● PROBLEM TO WORK ON
Exactly and without additions, transcribe the line that contains "mod functions;" and every line after it in the data.

(Saved data entries)

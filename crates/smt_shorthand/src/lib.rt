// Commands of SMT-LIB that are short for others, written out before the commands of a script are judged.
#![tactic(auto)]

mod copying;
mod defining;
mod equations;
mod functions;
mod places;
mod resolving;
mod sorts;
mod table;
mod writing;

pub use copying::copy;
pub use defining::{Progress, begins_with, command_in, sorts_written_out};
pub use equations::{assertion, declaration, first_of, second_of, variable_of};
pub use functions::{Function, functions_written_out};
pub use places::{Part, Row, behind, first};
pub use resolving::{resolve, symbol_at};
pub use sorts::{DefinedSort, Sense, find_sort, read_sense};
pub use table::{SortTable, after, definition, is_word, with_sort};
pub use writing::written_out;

● PROBLEM SOLUTION
mod functions;
mod places;
mod resolving;
mod sorts;
mod table;
mod writing;

pub use copying::copy;
pub use defining::{Progress, begins_with, command_in, sorts_written_out};
pub use equations::{assertion, declaration, first_of, second_of, variable_of};
pub use functions::{Function, functions_written_out};
pub use places::{Part, Row, behind, first};
pub use resolving::{resolve, symbol_at};
pub use sorts::{DefinedSort, Sense, find_sort, read_sense};
pub use table::{SortTable, after, definition, is_word, with_sort};
pub use writing::written_out;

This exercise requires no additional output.